= Rawiri Tareahi =

New Zealand Māori leader

Rāwiri Tareahi (fl. 1820-1850) was the principal leader of the Ngāti Hinepare subtribe of the Ngāti Kahungunu iwi (Māori tribe), in Hawke's Bay, New Zealand.

He was born Tareahi in the late 18th century, probably at the Ngāti Hinepare settlement of Te Poraiti, on the western shore of Ahuriri Lagoon, near what became the European settlement of Napier. His mother was Te Huripatu, of Ngāti Hinepare, and his father was Waitaringa, of Ngāi Tākaha, a hapū that lived on the upper Ngaruroro River.

In the early 18th century Tareahi led Ngāti Hinepare warriors to victory in the battle of Taitimuroa, thus becoming recognised as the principal leader of Ngāti Hinepare.
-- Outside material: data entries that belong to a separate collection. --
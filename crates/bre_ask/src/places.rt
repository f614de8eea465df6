//! Where patterns match texts, line by line.

ghost use Rattle.std.specs.Prelude.{◌≤◌, length};

use crate::finder::Means;
use crate::pattern;
use bre_match::{Match, Searcher, find};
use bre_parse::Bre;
use std::alloc::{AllocError, Global};
use std::io;
use std::io::{BufRead, BufReader};

/// `START-END` of the match, and of each group, or `-` where it is not set.
pub(crate) fn spelled(alloc: Global, found: Match) -> Result<String, AllocError> {
    let mut told = format!(in alloc; "{}-{}", found.start, found.end)?;
    let groups = found.groups;
    for group in groups.as_slice() {
        match group {
            Some(span) => told.push_str(format!(in alloc; " {}-{}", span.0, span.1)?.as_str())?,
            None => told.push_str(" -")?,
        }
    }
    Ok(told)
}

/// A searcher that ran out of memory is asked once more, so that what it answers after a refused allocation is seen.
fn searched(
    alloc: Global,
    pattern: &Bre,
    text: &[u8],
    from: usize,
) -> Result<Option<Match>, AllocError>
    requires place { from ≤ length text.now }
{
    let mut searcher = Searcher::new(alloc, pattern);
    match searcher.find(text, from) {
        Ok(found) => Ok(found),
        Err(AllocError { .. }) => searcher.find(text, from),
    }
}

/// What stands for a line `FROM`, tab, `PATTERN`, tab, `TEXT`: where the pattern's first match at or after FROM lies.
fn told(alloc: Global, means: Means, line: &str) -> Result<String, AllocError> {
    let fields: Vec<&str> = line.split('\t').collect(alloc)?;
    if fields.len() != 3 {
        return String::from_str(alloc, "no such line");
    }
    let Ok(from) = fields[0].parse::<usize>() else {
        return String::from_str(alloc, "no such place");
    };
    let Some(pattern) = pattern::read(alloc, fields[1].as_bytes())? else {
        return String::from_str(alloc, "not a pattern");
    };
    let text = fields[2].as_bytes();
    if from > text.len() {
        return String::from_str(alloc, "no such place");
    }
    let found = match means {
        Means::Alone => find(alloc, &pattern, text, from)?,
        Means::Searcher | Means::NewSearchers => searched(alloc, &pattern, text, from)?,
    };
    match found {
        Some(found) => spelled(alloc, found),
        None => String::from_str(alloc, "none"),
    }
}

/// Prints for each line of standard input where its pattern matches its text.
pub(crate) fn tell(rt: &(impl Input + Print + AllocGlobal), means: Means) -> io::Result<()> {
    for line in BufReader::new(rt.alloc(), rt.reader())?.lines(rt.alloc()) {
        let line = line?;
        let told = told(rt.alloc(), means, line.as_str())?;
        println!(rt; "{told}")?;
    }
    Ok(())
}
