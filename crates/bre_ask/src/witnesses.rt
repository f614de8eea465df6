//! Texts that match some patterns and no others.

ghost use Rattle.std.specs.Prelude.{◌≤◌, length};

use crate::blocks::{size_of_block, size_of_line};
use crate::pattern;
use bre_match::{Answer, Witness, find_witness};
use bre_parse::Bre;
use std::alloc::{AllocError, Global};
use std::io;
use std::io::Read;

/// A pattern, and whether a text is to match it.
#[derive(Drop)]
struct Question {
    pattern: Bre,
    matches: bool,
}

/// What a line `+PATTERN` or `-PATTERN` asks, if it is one.
fn read_question(alloc: Global, line: &[u8]) -> Result<Option<Question>, AllocError> {
    if line.is_empty() || (line[0] != b'+' && line[0] != b'-') {
        return Ok(None);
    }
    match pattern::read(alloc, &line[1..])? {
        Some(pattern) => Ok(Some(Question {
            pattern,
            matches: line[0] == b'+',
        })),
        None => Ok(None),
    }
}

/// What the lines of a block ask, if each of them is such a line.
fn questions(alloc: Global, lines: &[u8]) -> Result<Option<Vec<Question>>, AllocError> {
    let mut all = Vec::new(alloc);
    let mut start = 0;
    while start < lines.len() {
        let rest = &lines[start..];
        let size = size_of_line(rest);
        let Some(one) = read_question(alloc, &rest[..size])? else {
            return Ok(None);
        };
        all.push(one)?;
        start += size + 1;
    }
    Ok(Some(all))
}

/// What stands for a block.
fn told(alloc: Global, lines: &[u8]) -> Result<String, AllocError> {
    let Some(all) = questions(alloc, lines)? else {
        return String::from_str(alloc, "no such lines");
    };
    let mut answers = Vec::new(alloc);
    for one in &all {
        answers.push(Answer {
            pattern: &one.pattern,
            matches: one.matches,
        })?;
    }
    match find_witness(alloc, &answers)? {
        Witness::Text(text) => format!(in alloc; "{:?}", text.as_slice()),
        Witness::NoText => String::from_str(alloc, "none"),
        Witness::Unknown => String::from_str(alloc, "unknown"),
    }
}

/// Prints for each block of standard input, lines up to an empty one, the bytes of a text that matches the patterns after a `+` and none of
/// those after a `-`; or that there is none, or that neither was found out.
pub(crate) fn tell(rt: &(impl Input + Print + AllocGlobal)) -> io::Result<()> {
    let mut text = Vec::new(rt.alloc());
    rt.reader().read_to_end(&mut text)?;
    let mut start = 0;
    while start < text.len() {
        let rest = &text[start..];
        let ahead = size_of_block(rest);
        let told = told(rt.alloc(), &rest[..ahead])?;
        println!(rt; "{told}")?;
        start += ahead + 1;
    }
    Ok(())
}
In the early 1820s, during the Musket Wars, northern tribes threatened the Ngāti Kahungunu of Heretaunga (Hawke's Bay) and many of them moved to refuge at Nukutaurua, on Māhia Peninsula. Tareahi and others, however, stayed to defend their home area. The musket-bearing tribes of Waikato, Ngāti Tūwharetoa, Ngāti Maniapoto and Ngāti Raukawa attacked and massacred the tribes of Ahuriri. Tareahi and others were captured alive and taken to the Waikato. He was released and returned home 18 months later. With many Ngāti Kahungunu still at Māhia, Heretaunga was deserted, but he remained, settling near Ōingo Lake.

Tareahi had several children – a son Porokoru Mapu, daughters Hepora, Ani Kanara Marewa and Rawinia Kaingaroa, and son Pāora Kaiwhata. He was baptised by the missionary William Colenso in the late 1840s, taking the Christian name Rāwiri (David). Rāwiri Tareahi died at Te Poraiti, possibly in the 1850s.